Extracted data entries:
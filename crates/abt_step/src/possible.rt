//! What can happen next of what was sent.
ghost use Rattle.std.specs.Prelude.{◌≡◌, ◌++◌, List, IfOk, OnOk, Some};
ghost use Rattle.abt_model.specs.Past.{Past, facts_of};
ghost use Rattle.abt_model.specs.Run.{facts_after};
ghost use Rattle.abt_model.specs.declared.event.Event.{Event as EventSpec};
ghost use Rattle.abt_net.specs.Topology.{Topology, conn_at};
ghost use Rattle.abt_reason.specs.Sightings.{AreSightings, lying};
ghost use Rattle.abt_world.specs.Standing.{StandsFor};
ghost use Rattle.abt_step.specs.Possible as spec;

use abt_model::{Event, Sequence};
use abt_net::{Conn, Net};
use abt_reason::{Sighting, Sightings};
use abt_world::World;
use std::alloc::{AllocError, Global};

/// A cell that may arrive, and when: moments are picoseconds.
#[derive(Clone, Copy, Debug, PartialEq, Eq)]
pub struct CellWindow {
    /// The number of its connection.
    pub conn: u16,
    /// Its number.
    pub cell: u64,
    /// The first moment at which it may be at the first hop.
    pub from: u64,
    /// The last one.
    pub to: u64,
}

/// What can happen next of what was sent (docs/FORMATS.md, "Events line by line").
#[derive(Debug, Drop)]
pub struct Possible {
    /// For each request that was asked the event that takes it, or the answer to it, on from where it was sent last.
    pub messages: Sequence<Event>,
    /// The cells of each connection that may arrive.
    pub cells: Sequence<Sequence<CellWindow>>,
}

// What can happen next in a net at work, by where its messages lie and by the requests that were asked.
pub(crate) fn possible_of(
    alloc: Global,
    net: &Net,
    world: &World<'_>,
    sightings: &Sightings,
    asks: &[(u16, u32)],
) -> Result<Possible, AllocError>
    ensures { (events : List EventSpec) → StandsFor net.now events world.now →
        AreSightings net.now (facts_after net.now events) sightings.now →
        asks.now ≡ spec.asks_of (facts_after net.now events) →
        IfOk result (λ possible. possible ≡ spec.possible_after net.now (facts_after net.now events)) }
{
    Ok(Possible {
        messages: messages_of(alloc, sightings, asks)?,
        cells: cells_of(alloc, net, world)?,
    })
}

// For each request the event that takes its message on.
fn messages_of(
    alloc: Global,
    sightings: &Sightings,
    asks: &[(u16, u32)],
) -> Result<Sequence<Event>, AllocError>
    ensures { (net : Topology) (past : Past) → AreSightings net past sightings.now →
        IfOk result (λ messages. messages ≡ spec.messages_at net past asks.now) }
{
    let mut messages = Sequence::new(alloc);
    for ask in asks {
        push_next(&mut messages, lying(sightings, ask.0, ask.1))?;
    }
    Ok(messages)
}

// Where a message lies, if it was sent.
fn lying(sightings: &Sightings, conn: u16, seq: u32) -> Option<Sighting>
    ensures { (net : Topology) (past : Past) → AreSightings net past sightings.now →
        result ≡ lying net past conn seq }
{
    match sightings.sought(&Event::Turn { conn, seq }) {
        Some(sought) => sought.sighting,
        None => None,
    }
}

// Adds the event that takes a message on.
fn push_next(messages: &mut Sequence<Event>, sighting: Option<Sighting>) -> Result<(), AllocError>
    ensures { OnOk result (messages.new ≡ messages.old ++ spec.next_of sighting) }
{
    match sighting {
        Some(sighting) => messages.push(sighting.next),
        None => Ok(()),
    }
}

// The cells of each connection that may arrive.
fn cells_of(
    alloc: Global,
    net: &Net,
    world: &World<'_>,
) -> Result<Sequence<Sequence<CellWindow>>, AllocError>
    ensures { (events : List EventSpec) → StandsFor net.now events world.now →
        IfOk result (λ cells. cells ≡ spec.possible_cells net.now (facts_after net.now events)) }
{
    let conns = net.conns();
    let mut cells = Sequence::new(alloc);
    for conn in 0..conns.len() {
        cells.push(windows_of(alloc, conn as u16, &conns[conn], world)?)?;
    }
    Ok(cells)
}

// The cells of a connection that may arrive.
fn windows_of(
    alloc: Global,
    place: u16,
    conn: &Conn,
    world: &World<'_>,
) -> Result<Sequence<CellWindow>, AllocError>
    ensures { (net : Topology) (events : List EventSpec) → StandsFor net events world.now →
        conn_at net place ≡ Some conn.now → IfOk result (λ windows.
        windows ≡ spec.windows_of place conn.now (facts_of place (facts_after net events))) }
{
    let mut windows = Sequence::new(alloc);
    let Some(progress) = world.progress(place) else {
        return Ok(windows);
    };
    for cell in progress.fence..progress.emitted {
        let moment = world.moment(place, cell).unwrap_or(0);
        let window = window_of(place, conn, progress.last_arrival, cell, moment);
        push_if_open(&mut windows, window)?;
    }
    Ok(windows)
}

// When a cell that left at a moment may be at the first hop.
fn window_of(place: u16, conn: &Conn, last: u64, cell: u64, moment: u64) -> CellWindow
    ensures { result ≡ spec.window_of place conn.now last cell moment }
{
    let start = moment.saturating_add(conn.delay);
    CellWindow {
        conn: place,
        cell,
        from: start.max(last),
        to: start.saturating_add(conn.tau),
    }
}

// Adds a window in which there is a moment.
fn push_if_open(windows: &mut Sequence<CellWindow>, window: CellWindow) -> Result<(), AllocError>
    ensures { OnOk result (windows.new ≡ windows.old ++ spec.if_open window) }
{
    if window.to < window.from {
        return Ok(());
    }
    windows.push(window)
}
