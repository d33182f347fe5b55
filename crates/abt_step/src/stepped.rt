//! A net that events happen to line by line.
ghost use Rattle.std.specs.Prelude.{◌≡◌, [], List, IfOk, OnOk, string_bytes};
ghost use Rattle.abt_text.specs.Text.{◌⋅◌};
ghost use Rattle.abt_net.specs.Topology.{Topology};
ghost use Rattle.abt_model.specs.declared.event.Event.{Event};
ghost use Rattle.abt_step.specs.Stepped.{answer_to, events_past};
ghost use Rattle.abt_step.specs.Steps.{IsPast, StandsAt};
ghost use Rattle.abt_plans.specs.declared.answer_form.AnswerForm.{AnswerForm as Form};
ghost use Rattle.abt_step.specs.declared.asked.Asked.TheVariants as asks;

use crate::asked::{Asked, AskedFault, Query, asked_on};
use crate::happening::{begin_as_object, begin_in_words, happen_as_object, happen_in_words};
use crate::lines::push_fault_line;
use crate::net_at_work::NetAtWork;
use crate::objects::{push_end_object, push_fault_object};
use crate::telling::{tell_as_object, tell_in_words};
use abt_format::safe_line;
use abt_lines::LineServer;
use abt_model::Event;
use abt_net::Net;
use abt_plans::AnswerForm;
use std::alloc::{AllocError, Global};

/// A net that events happen to line by line (docs/FORMATS.md, "Events line by line").
#[derive(Drop)]
pub struct SteppedLines<'net> {
    form: AnswerForm,
    // The events that happen before the first line, and again when all begins anew.
    net: &'net Net,
    opening: &'net [Event],
    work: NetAtWork<'net>,
    // How many events have happened.
    count: u64,
}

impl<'net> SteppedLines<'net> {
    /// The net behind the events of its opening, whose answers have this form.
    pub fn open(
        alloc: Global,
        form: AnswerForm,
        net: &'net Net,
        opening: &'net [Event],
    ) -> Result<SteppedLines<'net>, AllocError>
        ensures { IfOk result (StandsAt form net.now opening.now opening.now) }
    {
        let work = NetAtWork::opened(alloc, net, opening)?;
        Ok(SteppedLines {
            form,
            net,
            opening,
            work,
            count: opening.len() as u64,
        })
    }

    // Does what a line asks for, and puts the answer into an empty text.
    fn carry_out(
        &mut self,
        alloc: Global,
        asked: &Asked,
        text: &mut String,
    ) -> Result<(), AllocError>
        requires { string_bytes text.old ≡ [] }
        ensures { (form : Form) (net : Topology) (opening events : List Event) →
            StandsAt form net opening events self.old →
            OnOk result (IsPast form net opening events asked.now (string_bytes text.new) self.new) }
    {
        self.take(alloc, asked, text)?;
        self.work.is_safe();
        Ok(())
    }

    // Does what a line asks for, and adds the answer to a text.
    fn take(&mut self, alloc: Global, asked: &Asked, text: &mut String) -> Result<(), AllocError>
        ensures says { (form : Form) (net : Topology) (opening events : List Event) →
            StandsAt form net opening events self.old → OnOk result (string_bytes text.new
            ≡ string_bytes text.old ⋅ answer_to form net opening events asked.now) }
        ensures stands { (form : Form) (net : Topology) (opening events : List Event) →
            StandsAt form net opening events self.old →
            OnOk result (StandsAt form net opening (events_past opening events asked.now) self.new) }
    {
        match asked {
            Asked::Nothing => Ok(()),
            Asked::Happen(event) => self.happen(alloc, event, text),
            Asked::Reset => self.reset(alloc, text),
            Asked::Tell(query) => self.tell(alloc, *query, text),
            Asked::Wrong(fault) => self.push_fault(alloc, *fault, text),
        }
    }

    // Lets an event happen, and adds its answer to a text.
    fn happen(&mut self, alloc: Global, event: &Event, text: &mut String) -> Result<(), AllocError>
        ensures says { (form : Form) (net : Topology) (opening events : List Event) →
            StandsAt form net opening events self.old → OnOk result (string_bytes text.new
            ≡ string_bytes text.old ⋅ answer_to form net opening events (asks.Happen event.now)) }
        ensures stands { (form : Form) (net : Topology) (opening events : List Event) →
            StandsAt form net opening events self.old → OnOk result
            (StandsAt form net opening (events_past opening events (asks.Happen event.now)) self.new) }
    {
        // So many events don't fit into memory.
        let Some(next) = self.count.checked_add(1) else {
            return Err(AllocError);
        };
        self.count = next;
        let form = self.form;
        if self.form.json {
            happen_as_object(alloc, &mut self.work, form, next, event, text)
        } else {
            happen_in_words(alloc, &mut self.work, form, next, event, text)
        }
    }

    // Begins anew, and adds the answer to a text.
    fn reset(&mut self, alloc: Global, text: &mut String) -> Result<(), AllocError>
        ensures says { (form : Form) (net : Topology) (opening events : List Event) →
            StandsAt form net opening events self.old → OnOk result (string_bytes text.new
            ≡ string_bytes text.old ⋅ answer_to form net opening events asks.Reset) }
        ensures stands { (form : Form) (net : Topology) (opening events : List Event) →
            StandsAt form net opening events self.old →
            OnOk result (StandsAt form net opening opening self.new) }
    {
        self.begin_anew(alloc)?;
        self.push_reset(alloc, text)
    }

    // Begins anew.
    fn begin_anew(&mut self, alloc: Global) -> Result<(), AllocError>
        ensures { (form : Form) (net : Topology) (opening events : List Event) →
            StandsAt form net opening events self.old →
            OnOk result (StandsAt form net opening opening self.new) }
    {
        self.work = NetAtWork::opened(alloc, self.net, self.opening)?;
        self.count = self.opening.len() as u64;
        Ok(())
    }

    // Adds the answer to a new beginning to a text.
    fn push_reset(&self, alloc: Global, text: &mut String) -> Result<(), AllocError>
        ensures { (form : Form) (net : Topology) (opening events : List Event) →
            StandsAt form net opening opening self.now → OnOk result (string_bytes text.new
            ≡ string_bytes text.old ⋅ answer_to form net opening events asks.Reset) }
    {
        let form = self.form;
        if self.form.json {
            begin_as_object(alloc, &self.work, form, text)
        } else {
            begin_in_words(alloc, &self.work, form, text)
        }
    }

    // Adds what a line asks to be told to a text.
    fn tell(&self, alloc: Global, query: Query, text: &mut String) -> Result<(), AllocError>
        ensures { (form : Form) (net : Topology) (opening events : List Event) →
            StandsAt form net opening events self.now → OnOk result (string_bytes text.new
            ≡ string_bytes text.old ⋅ answer_to form net opening events (asks.Tell query)) }
    {
        if self.form.json {
            tell_as_object(alloc, &self.work, query, text)
        } else {
            tell_in_words(alloc, &self.work, query, text)
        }
    }

    // Adds the fault of a line to a text.
    fn push_fault(
        &self,
        alloc: Global,
        fault: AskedFault,
        text: &mut String,
    ) -> Result<(), AllocError>
        ensures { (form : Form) (net : Topology) (opening events : List Event) →
            StandsAt form net opening events self.now → OnOk result (string_bytes text.new
            ≡ string_bytes text.old ⋅ answer_to form net opening events (asks.Wrong fault)) }
    {
        if self.form.json {
            push_fault_object(alloc, text, fault)
        } else {
            push_fault_line(text, fault)
        }
    }
}

impl<'net> LineServer for SteppedLines<'net> {
    ghost use Rattle.abt_step.specs.Steps.{EndsStepping, StepsLine};

    ghost steps = { StepsLine };

    ghost ends = { EndsStepping };

    fn answer(
        &mut self,
        alloc: Global,
        _number: u64,
        line: Option<&[u8]>,
        text: &mut String,
    ) -> Result<(), AllocError> {
        let asked = asked_on(line);
        self.carry_out(alloc, &asked, text)
    }

    fn end(&self, alloc: Global, _number: u64, text: &mut String) -> Result<(), AllocError> {
        let is_safe = self.work.is_safe();
        if self.form.json {
            push_end_object(alloc, text, is_safe)
        } else {
            text.push_str(safe_line(is_safe))
        }
    }
}
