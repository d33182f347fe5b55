//! Nets, ports and calls that the tests share. If memory is refused, `None` is given, and the test asks again.
ghost use Rattle.std.specs.Prelude.{◌≡◌, ◌≤◌, IfSome};
ghost use Rattle.std.specs.Option.{ForSome};
ghost use Rattle.abt_journal.specs.Opening.{IsOpening};

use abt_cell::{Request, Vc};
use abt_journal::PortState;
use abt_net::{Conn, Net, Path};
use abt_node::Port;
use abt_rate::{CAPACITY_MAX, Rate, TAU_MAX};
use std::alloc::Global;
use std::fmt::{Debug, Display};
use std::process::Abort;
use std::test::Fail;

/// The capacity of a link of 1,000 cells per second, in units.
pub(super) const CAPACITY: u64 = 512000;

/// The tolerance of the connections, in picoseconds.
pub(super) const TAU: u64 = 200;

/// Demands that two values are equal. What calls this knows nothing of them from it, which keeps its proof short.
pub(super) fn same<T: PartialEq + Debug>(rt: &impl Abort, found: &T, expected: &T) {
    assert_eq!(rt; *found, *expected);
}

/// A channel of VPI 1.
pub(super) fn channel(vci: u16) -> Option<Vc> {
    Vc::new(1, vci)
}

/// A request of a source that has no rate yet. By docs/RULES.md, "Rates", codes 5120 and 5258 are 400 and 600 cells per
/// second.
pub(super) fn request(vci: u16, seq: u32, code: u16) -> Result<Request, Fail> {
    let vc = channel(vci).ok_or("the VPI is too great")?;
    Ok(Request::new(vc, seq, Rate::ZERO, Rate::from_code(code)).ok_or("no such request")?)
}

/// A port that is the ingress of some connections, with one tau, and that others pass through.
pub(super) fn port(
    alloc: Global,
    id: u16,
    capacity: u64,
    ingress: &[u16],
    tau: u64,
    transit: &[u16],
) -> Option<PortState> {
    if capacity > CAPACITY_MAX || tau > TAU_MAX {
        return None;
    }
    let Ok(mut port) = Port::new(alloc, id, capacity) else {
        return None;
    };
    for vci in ingress {
        port = with_connection(port, channel(*vci)?, Some(tau))?;
    }
    for vci in transit {
        port = with_connection(port, channel(*vci)?, None)?;
    }
    Some(PortState::new(alloc, port))
}

fn with_connection(mut port: Port, vc: Vc, tau: Option<u64>) -> Option<Port>
    requires opening { IsOpening port }
    requires tau { ForSome tau (λ t. t ≤ TAU_MAX) }
    ensures { IfSome result IsOpening }
{
    port.add(vc, tau).ok()?;
    Some(port)
}

/// A net of links of 1,000 cells per second, with connections along these paths.
pub(super) fn net(alloc: Global, ports: usize, conns: &[(u16, &[u16])]) -> Option<Net> {
    let capacities = vec![in alloc; CAPACITY; ports].ok()?;
    let mut listed = Vec::with_capacity(alloc, conns.len()).ok()?;
    for (vci, ports) in conns {
        let conn = Conn {
            vc: channel(*vci)?,
            path: Path::from(ports.to_vec(alloc).ok()?),
            delay: 1000,
            tau: TAU,
        };
        listed.push(conn).ok()?;
    }
    Net::build(alloc, capacities, listed).ok()
}

/// Demands the words in which a value is told; if memory was refused, they are asked for again.
pub(super) fn says<T: Display>(
    rt: &impl Abort,
    alloc: Global,
    value: &T,
    words: &str,
) -> Result<(), Fail> {
    let said = match format!(in alloc; "{value}") {
        Ok(said) => said,
        Err(_) => format!(in alloc; "{value}")?,
    };
    same(rt, &said.as_str(), &words);
    Ok(())
}
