//! A net that events happen to line by line: each is answered by its outcome before the next one is read.
#![tactic(auto)]

mod asked;
mod happening;
mod law;
mod lines;
mod net_at_work;
mod net_state;
mod objects;
mod performing;
mod plan;
mod possible;
mod possible_members;
mod possible_words;
mod reason_numbers;
mod shown;
mod state_members;
mod state_words;
mod stepped;
mod telling;

pub use abt_plans::AnswerForm;
pub use asked::{Asked, AskedFault, Query};
pub use law::{a_net_is_stepped, what_is_possible};
pub use net_state::NetState;
pub use performing::{perform_step, perform_step_as};
pub use plan::StepPlan;
pub use possible::{CellWindow, Possible};
pub use stepped::SteppedLines;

## TASK
Read the records above. Show each line that has the string "return".

## SOLUTION
        return Ok(windows);
        return Ok(());
            return Err(AllocError);
        return None;
        return None;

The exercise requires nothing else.